▶ [WORK TO COMPLETE]
For this task, copy the data that follows exactly, keeping every character.

[Records from a data source]
____________
//! A script's lines out of a source, each before more is read.

ghost use Rattle.std.specs.Prelude.{◌≡◌, ◌<◌, ◌≤◌, ◌⊎◌, List, ℕ, [], Some, true, false, length, vec_len, Contains, MatchBool, IfSome, IfOk, OnOk, IfErr, IsErrOf};
ghost use Rattle.kc_base.specs.Streams.{Rose};
ghost use Rattle.script_text.specs.NextLine.{StandsAt, ReadsPiece, FindsNext};
ghost use Rattle.script_text.specs.LineCutter.{IsPending, CutsNext, CutsLast};
ghost use Rattle.script_text.specs.Sizes.{IsShortLine};

use crate::commands::Line;
use crate::cutter::LineCutter;
use kc_base::{InputError, ReadAnswer, Source};
use std::alloc::{AllocError, Global};
use std::marker::Model;

/// The most bytes that are read at once.
pub const MAX_PIECE: usize = 65_536;

/// Reads a script line by line. It reads on only where no whole line is left of what was read.
#[derive(Drop)]
pub struct LineReader {
    cutter: LineCutter,
    buffer: Vec<u8>,
    // how many bytes may still come
    room: usize,
    ended: bool,
}

impl Model for LineReader {
    ghost use Rattle.std.specs.Prelude.{◌≡◌, vec_len};
    ghost use Rattle.script_text.specs.NextLine.{Place};

    ghost Value = { Place };

    ghost view = { λ r. record { kept = r.cutter; room = r.room; ended = r.ended } };

    ghost invariant = { λ r. vec_len r.buffer ≡ 65536 };
}

// A buffer. Its length is a parameter, so that no proof counts it out.
fn zeros(alloc: Global, count: usize) -> Result<Vec<u8>, AllocError>
    ensures { IfOk result (λ buffer. vec_len buffer ≡ count) }
{
    vec![in alloc; 0u8; count]
}

impl LineReader {
    /// Nothing was read yet, and at most `limit` bytes may come. It takes memory for one read of 65,536 bytes, and
    /// fails where there is none.
    pub fn new(alloc: Global, limit: usize) -> Result<LineReader, AllocError>
        ensures { IfOk result (λ reader. reader ≡ record { kept = record { begun = Some []; unseen = [] }; room = limit; ended = false }) }
    {
        Ok(LineReader {
            cutter: LineCutter::new(alloc),
            buffer: zeros(alloc, MAX_PIECE)?,
            room: limit,
            ended: false,
        })
    }

    fn has_ended(&self) -> bool
        ensures { result ≡ self.now.ended }
    {
        self.ended
    }

    /// Whether a whole line is left of what was read.
    pub fn has_line(&self) -> bool
        ensures { (pending : List ℕ) → IsPending pending self.now.kept → MatchBool result (Contains pending 10) (Contains pending 10 → ⊥) }
    {
        self.cutter.has_line()
    }

    // The next whole line of what was read.
    fn cut_next(&mut self) -> Result<Option<Line>, InputError>
        ensures line { IfOk result (CutsNext self.old.kept self.new.kept) }
        ensures room { self.new.room ≡ self.old.room }
        ensures ended { self.new.ended ≡ self.old.ended }
        ensures short { IfOk result (λ answer. IfSome answer IsShortLine) }
        ensures memory { IfErr result (λ e. e ≡ InputError.NoMemory) }
    {
        match self.cutter.next() {
            Ok(answer) => Ok(answer),
            Err(_) => Err(InputError::NoMemory),
        }
    }

    // The last line, which no line feed ends.
    fn cut_last(&mut self) -> Result<Option<Line>, InputError>
        ensures line { IfOk result (CutsLast self.old.kept self.new.kept) }
        ensures room { self.new.room ≡ self.old.room }
        ensures ended { self.new.ended ≡ self.old.ended }
        ensures short { IfOk result (λ answer. IfSome answer IsShortLine) }
        ensures memory { IfErr result (λ e. e ≡ InputError.NoMemory) }
    {
        match self.cutter.last() {
            Ok(answer) => Ok(answer),
            Err(_) => Err(InputError::NoMemory),
        }
    }

    // Reads once.
    fn fill<S: Source>(&mut self, src: &mut S) -> Result<(), InputError>
        requires { self.old.ended ≡ false }
        ensures piece { ReadsPiece self.old self.new (S.left src.old) (S.left src.new) result }
        ensures on { OnOk result ((self.new.ended ≡ true) ⊎ (self.new.room < self.old.room)) }
        ensures later { S.faults src.old ≤ S.faults src.new }
        ensures cause { IsErrOf result InputError.Failed → Rose (S.faults src.old) (S.faults src.new) }
    {
        match src.read(&mut self.buffer) {
            ReadAnswer::Got(count) => {
                if count > self.room {
                    return Err(InputError::TooLong);
                }
                self.room -= count;
                match self.cutter.feed(&self.buffer[..count]) {
                    Ok(()) => Ok(()),
                    Err(_) => Err(InputError::NoMemory),
                }
            }
            ReadAnswer::Ended => {
                self.ended = true;
                Ok(())
            }
            ReadAnswer::Failed => Err(InputError::Failed),
        }
    }

    /// The next line, or `None` at the end of the script. It reads only where no whole line is left, and hands out the
    /// rest without a line feed where the source has ended. `Failed` comes where the source failed, and each whole line
    /// was handed out before; `TooLong` exactly where it gave more bytes than may come; `NoMemory` where memory is
    /// wanting. After an error what is left isn't told.
    pub fn next<S: Source>(&mut self, src: &mut S) -> Result<Option<Line>, InputError>
        ensures line { (pending : List ℕ) → StandsAt pending self.old (S.left src.old)
            → FindsNext pending self.old self.new (S.left src.old) (S.left src.new) result }
        ensures short { IfOk result (λ answer. IfSome answer IsShortLine) }
        ensures later { S.faults src.old ≤ S.faults src.new }
        ensures cause { IsErrOf result InputError.Failed → Rose (S.faults src.old) (S.faults src.new) }
    {
        while !self.has_ended() {
            if let Some(line) = self.cut_next()? {
                return Ok(Some(line));
            }
            self.fill(src)?;
        }
        self.cut_last()
    }
}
____________
▶ [WRITTEN ANSWER]
//! A script's lines out of a source, each before more is read.

ghost use Rattle.std.specs.Prelude.{◌≡◌, ◌<◌, ◌≤◌, ◌⊎◌, List, ℕ, [], Some, true, false, length, vec_len, Contains, MatchBool, IfSome, IfOk, OnOk, IfErr, IsErrOf};
ghost use Rattle.kc_base.specs.Streams.{Rose};
ghost use Rattle.script_text.specs.NextLine.{StandsAt, ReadsPiece, FindsNext};
ghost use Rattle.script_text.specs.LineCutter.{IsPending, CutsNext, CutsLast};
ghost use Rattle.script_text.specs.Sizes.{IsShortLine};

use crate::commands::Line;
use crate::cutter::LineCutter;
use kc_base::{InputError, ReadAnswer, Source};
use std::alloc::{AllocError, Global};
use std::marker::Model;

/// The most bytes that are read at once.
pub const MAX_PIECE: usize = 65_536;

/// Reads a script line by line. It reads on only where no whole line is left of what was read.
#[derive(Drop)]
pub struct LineReader {
    cutter: LineCutter,
    buffer: Vec<u8>,
    // how many bytes may still come
    room: usize,
    ended: bool,
}

impl Model for LineReader {
    ghost use Rattle.std.specs.Prelude.{◌≡◌, vec_len};
    ghost use Rattle.script_text.specs.NextLine.{Place};

    ghost Value = { Place };

    ghost view = { λ r. record { kept = r.cutter; room = r.room; ended = r.ended } };

    ghost invariant = { λ r. vec_len r.buffer ≡ 65536 };
}

// A buffer. Its length is a parameter, so that no proof counts it out.
fn zeros(alloc: Global, count: usize) -> Result<Vec<u8>, AllocError>
    ensures { IfOk result (λ buffer. vec_len buffer ≡ count) }
{
    vec![in alloc; 0u8; count]
}

impl LineReader {
    /// Nothing was read yet, and at most `limit` bytes may come. It takes memory for one read of 65,536 bytes, and
    /// fails where there is none.
    pub fn new(alloc: Global, limit: usize) -> Result<LineReader, AllocError>
        ensures { IfOk result (λ reader. reader ≡ record { kept = record { begun = Some []; unseen = [] }; room = limit; ended = false }) }
    {
        Ok(LineReader {
            cutter: LineCutter::new(alloc),
            buffer: zeros(alloc, MAX_PIECE)?,
            room: limit,
            ended: false,
        })
    }

    fn has_ended(&self) -> bool
        ensures { result ≡ self.now.ended }
    {
        self.ended
    }

    /// Whether a whole line is left of what was read.
    pub fn has_line(&self) -> bool
        ensures { (pending : List ℕ) → IsPending pending self.now.kept → MatchBool result (Contains pending 10) (Contains pending 10 → ⊥) }
    {
        self.cutter.has_line()
    }

    // The next whole line of what was read.
    fn cut_next(&mut self) -> Result<Option<Line>, InputError>
        ensures line { IfOk result (CutsNext self.old.kept self.new.kept) }
        ensures room { self.new.room ≡ self.old.room }
        ensures ended { self.new.ended ≡ self.old.ended }
        ensures short { IfOk result (λ answer. IfSome answer IsShortLine) }
        ensures memory { IfErr result (λ e. e ≡ InputError.NoMemory) }
    {
        match self.cutter.next() {
            Ok(answer) => Ok(answer),
            Err(_) => Err(InputError::NoMemory),
        }
    }

    // The last line, which no line feed ends.
    fn cut_last(&mut self) -> Result<Option<Line>, InputError>
        ensures line { IfOk result (CutsLast self.old.kept self.new.kept) }
        ensures room { self.new.room ≡ self.old.room }
        ensures ended { self.new.ended ≡ self.old.ended }
        ensures short { IfOk result (λ answer. IfSome answer IsShortLine) }
        ensures memory { IfErr result (λ e. e ≡ InputError.NoMemory) }
    {
        match self.cutter.last() {
            Ok(answer) => Ok(answer),
            Err(_) => Err(InputError::NoMemory),
        }
    }

    // Reads once.
    fn fill<S: Source>(&mut self, src: &mut S) -> Result<(), InputError>
        requires { self.old.ended ≡ false }
        ensures piece { ReadsPiece self.old self.new (S.left src.old) (S.left src.new) result }
        ensures on { OnOk result ((self.new.ended ≡ true) ⊎ (self.new.room < self.old.room)) }
        ensures later { S.faults src.old ≤ S.faults src.new }
        ensures cause { IsErrOf result InputError.Failed → Rose (S.faults src.old) (S.faults src.new) }
    {
        match src.read(&mut self.buffer) {
            ReadAnswer::Got(count) => {
                if count > self.room {
                    return Err(InputError::TooLong);
                }
                self.room -= count;
                match self.cutter.feed(&self.buffer[..count]) {
                    Ok(()) => Ok(()),
                    Err(_) => Err(InputError::NoMemory),
                }
            }
            ReadAnswer::Ended => {
                self.ended = true;
                Ok(())
            }
            ReadAnswer::Failed => Err(InputError::Failed),
        }
    }

    /// The next line, or `None` at the end of the script. It reads only where no whole line is left, and hands out the
    /// rest without a line feed where the source has ended. `Failed` comes where the source failed, and each whole line
    /// was handed out before; `TooLong` exactly where it gave more bytes than may come; `NoMemory` where memory is
    /// wanting. After an error what is left isn't told.
    pub fn next<S: Source>(&mut self, src: &mut S) -> Result<Option<Line>, InputError>
        ensures line { (pending : List ℕ) → StandsAt pending self.old (S.left src.old)
            → FindsNext pending self.old self.new (S.left src.old) (S.left src.new) result }
        ensures short { IfOk result (λ answer. IfSome answer IsShortLine) }
        ensures later { S.faults src.old ≤ S.faults src.new }
        ensures cause { IsErrOf result InputError.Failed → Rose (S.faults src.old) (S.faults src.new) }
    {
        while !self.has_ended() {
            if let Some(line) = self.cut_next()? {
                return Ok(Some(line));
            }
            self.fill(src)?;
        }
        self.cut_last()
    }
}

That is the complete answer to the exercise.